Updated by Jing Tao about 8 years ago
- File schemaLocation.rtf schemaLocation.rtf added
Updated by Jing Tao about 8 years ago
The workflow we will use:
https://docs.google.com/document/d/1tRb1-S_gKfkuCRvYFamfnB2_pBLSus8NuYZ1fADiQ0U/edit?ts=57c89086
Updated by Jing Tao about 8 years ago
In case somebody can't read the google doc. Here is the content:
IF Document has DOCTYPE set IF DOCTYPE registered locally validate(lookup DOCTYPE) ELSE error() ELSE IF Document has Namespace set (default or with a prefix definition) IF NAMESPACE and FORMATID registered locally validate(lookup FORMATID) ELSE IF NAMESPACE registered locally validate(lookup NAMESPACE) ELSE error() ELSE IF Document has noNamespaceSchemaLocation set IF FormatID registered locally validate(lookup FORMATID) ELSE IF noNamespaceSchemaLocation registered locally // will probably rarely work, as people will point at local URIs, rather than namespace // use noNamespaceSchemaLocation as formatId? Or a new column in xml_catalog validate(lookup noNamespaceSchemaLocation) ELSE error() ELSE checkIfWellFormed() DONE
To be clear: under this proposal, the only source of dtd or xsd documents are the locally registered schemas that have been registered with metacat, and that typically live locally on the Metacat system. Under no circumstances are the hints in xsi:schemaLocation and xsi:noNamespaceSchemaLocation used to actually go and download a schema. This allows us to use a consistent schema for each namespace, but it also forces us to register any given namespace before it can be used. Until it is registered, any documents that reference a namespace will fail validation with an error. That error should be clear that the namespace needs to be added by the Metacat administrator.
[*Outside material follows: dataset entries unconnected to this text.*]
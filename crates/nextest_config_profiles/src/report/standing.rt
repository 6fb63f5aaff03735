//! What layers have at the keys of profiles, and on the way there.

ghost use Rattle.std.specs.Prelude.{◌≡◌, ◌≤◌, ◌++◌, IfOk, IfSome, length, map, OnOk, option_map, string_bytes};
ghost use Rattle.toml.specs.View.{view};
ghost use Rattle.nextest_config_profiles.specs.Profile.{chain_in, layer_at, layers_in};
ghost use Rattle.nextest_config_profiles.specs.Reach.{words_of};
ghost use Rattle.nextest_config_profiles.specs.Report.Standing.{behind, hidden_below, hidden_of, reached_of, standing_in, standing_of, stands, stands_there};

use crate::EffectiveProfile;
use nextest_config_values::read::value_at;
use std::alloc::{AllocError, Global};
use toml::Value;

/// What a layer has at keys of a profile, or on the way there.
#[derive(Clone, Copy)]
pub(crate) struct Standing<'p> {
    pub profile: &'p str,
    pub layer: usize,
    pub reached: Reached<'p>,
}

/// What keys lead to, and how many of them.
#[derive(Clone, Copy)]
pub(crate) struct Reached<'p> {
    pub depth: usize,
    pub value: &'p Value,
}

/// What lies below a layer at keys of a profile, or on the way there, and what those profiles have
/// that come after it in the chain; the highest first.
pub(crate) fn hidden<'p>(
    alloc: Global,
    effective: &'p EffectiveProfile<'_>,
    profile: &'p str,
    keys: &[&str],
    layer: usize,
) -> Result<Vec<Standing<'p>>, AllocError>
    ensures { IfOk result (λ hidden. map standing_of hidden.items
        ≡ hidden_of (layers_in effective.now) (chain_in effective.now) profile.now
        (words_of keys.now) layer) }
{
    let mut hidden = Vec::new(alloc);
    push_below(effective, profile, keys, layer, &mut hidden)?;
    let layers = effective.layer_count();
    let rest = behind(effective.chain(), profile);
    for other in rest {
        push_below(effective, other.as_str(), keys, layers, &mut hidden)?;
    }
    Ok(hidden)
}

// The names after this one.
fn behind<'a>(chain: &'a [String], name: &str) -> &'a [String]
    ensures { map string_bytes result.now ≡ behind name.now (map string_bytes chain.now) }
{
    match chain {
        [first, rest @ ..] if first.as_str() == name => rest,
        [_, rest @ ..] => behind(rest, name),
        [] => &[],
    }
}

// Pushes what the first so many layers have at keys of a profile, the highest first.
fn push_below<'p>(
    effective: &'p EffectiveProfile<'_>,
    profile: &'p str,
    keys: &[&str],
    layers: usize,
    standings: &mut Vec<Standing<'p>>,
) -> Result<(), AllocError>
    ensures { OnOk result (map standing_of standings.new.items
        ≡ map standing_of standings.old.items
        ++ hidden_below (layers_in effective.now) profile.now (words_of keys.now) layers) }
{
    if layers == 0 {
        return Ok(());
    }
    let layer = layers - 1;
    let reached = reach(effective, profile, keys, layer);
    push_reached(profile, layer, reached, standings)?;
    push_below(effective, profile, keys, layer, standings)?;
    Ok(())
}

// Pushes what a layer has at keys of a profile, or on the way there, if it has something.
fn push_reached<'p>(
    profile: &'p str,
    layer: usize,
    reached: Option<Reached<'p>>,
    standings: &mut Vec<Standing<'p>>,
) -> Result<(), AllocError>
    ensures { OnOk result (map standing_of standings.new.items ≡ map standing_of standings.old.items
        ++ stands_there profile.now layer (option_map reached_of reached.entry)) }
{
    if let Some(reached) = reached {
        standings.push(Standing {
            profile,
            layer,
            reached,
        })?;
    }
    Ok(())
}

// What the keys of a profile lead to in a layer.
fn reach<'p>(
    effective: &'p EffectiveProfile<'_>,
    profile: &str,
    keys: &[&str],
    layer: usize,
) -> Option<Reached<'p>>
    ensures { option_map reached_of result ≡ stands (words_of keys.now)
        (standing_in profile.now (layer_at (layers_in effective.now) layer)) }
{
    follow(of_profile(effective, profile, layer), keys)
}

/// What a layer has for a profile.
pub(crate) fn of_profile<'p>(
    effective: &'p EffectiveProfile<'_>,
    profile: &str,
    layer: usize,
) -> Option<&'p Value>
    ensures { option_map (λ value. view value.now) result
        ≡ standing_in profile.now (layer_at (layers_in effective.now) layer) }
{
    let profiles = effective.layer(layer)?.as_table()?;
    value_at(profiles, profile)
}

// What keys lead to from a value.
fn follow<'p>(from: Option<&'p Value>, keys: &[&str]) -> Option<Reached<'p>>
    ensures reached { option_map reached_of result
        ≡ stands (words_of keys.now) (option_map (λ value. view value.now) from.entry) }
    ensures within { IfSome result (λ reached. reached.depth ≤ length keys.now) }
{
    let value = from?;
    let here = Some(Reached { depth: 0, value });
    let [key, rest @ ..] = keys else {
        return here;
    };
    let Some(table) = value.as_table() else {
        return here;
    };
    let below = follow(value_at(table, key), rest)?;
    Some(Reached {
        depth: below.depth + 1,
        value: below.value,
    })
}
Updated by Jing Tao about 8 years ago
An example of nonamespaceschema xml document.
The uri can be:
https://www.fgdc.gov/schemas/metadata/fgdc-std-001-1998.xsd
or
https://www.fgdc.gov/metadata/fgdc-std-001-1998.xsd
Updated by Jing Tao about 8 years ago
The system metadata is:
<d1_v2.0:systemMetadata xmlns:d1_v2.0="http://ns.dataone.org/service/types/v2.0" xmlns:d1="http://ns.dataone.org/service/types/v1">
<serialVersion>0</serialVersion>
<identifier>test-jing-15</identifier>
<formatId>FGDC-STD-001-1998</formatId>
<size>2713</size>
<checksum algorithm="MD5">7b412f5f6f910b66c6fefb25b66ecb9c</checksum>
<submitter>uid=tao,o=NCEAS,dc=ecoinformatics,dc=org</submitter>
<rightsHolder>uid=tao,o=NCEAS,dc=ecoinformatics,dc=org</rightsHolder>
<accessPolicy>
<allow>
<subject>public</subject>
<permission>read</permission>
</allow>
</accessPolicy>
<replicationPolicy replicationAllowed="false"/>
<archived>false</archived>
<dateUploaded>2016-05-13T00:05:48.167+00:00</dateUploaded>
<dateSysMetadataModified>2016-05-13T00:05:48.167+00:00</dateSysMetadataModified>
<originMemberNode>urn:node:mnSandboxUCSB2</originMemberNode>
<authoritativeMemberNode>urn:node:mnSandboxUCSB2</authoritativeMemberNode>
</d1_v2.0:systemMetadata>
Updated by Jing Tao about 8 years ago
- Status changed from New to Resolved
Implemented above plan and wrote a junit test class for testing.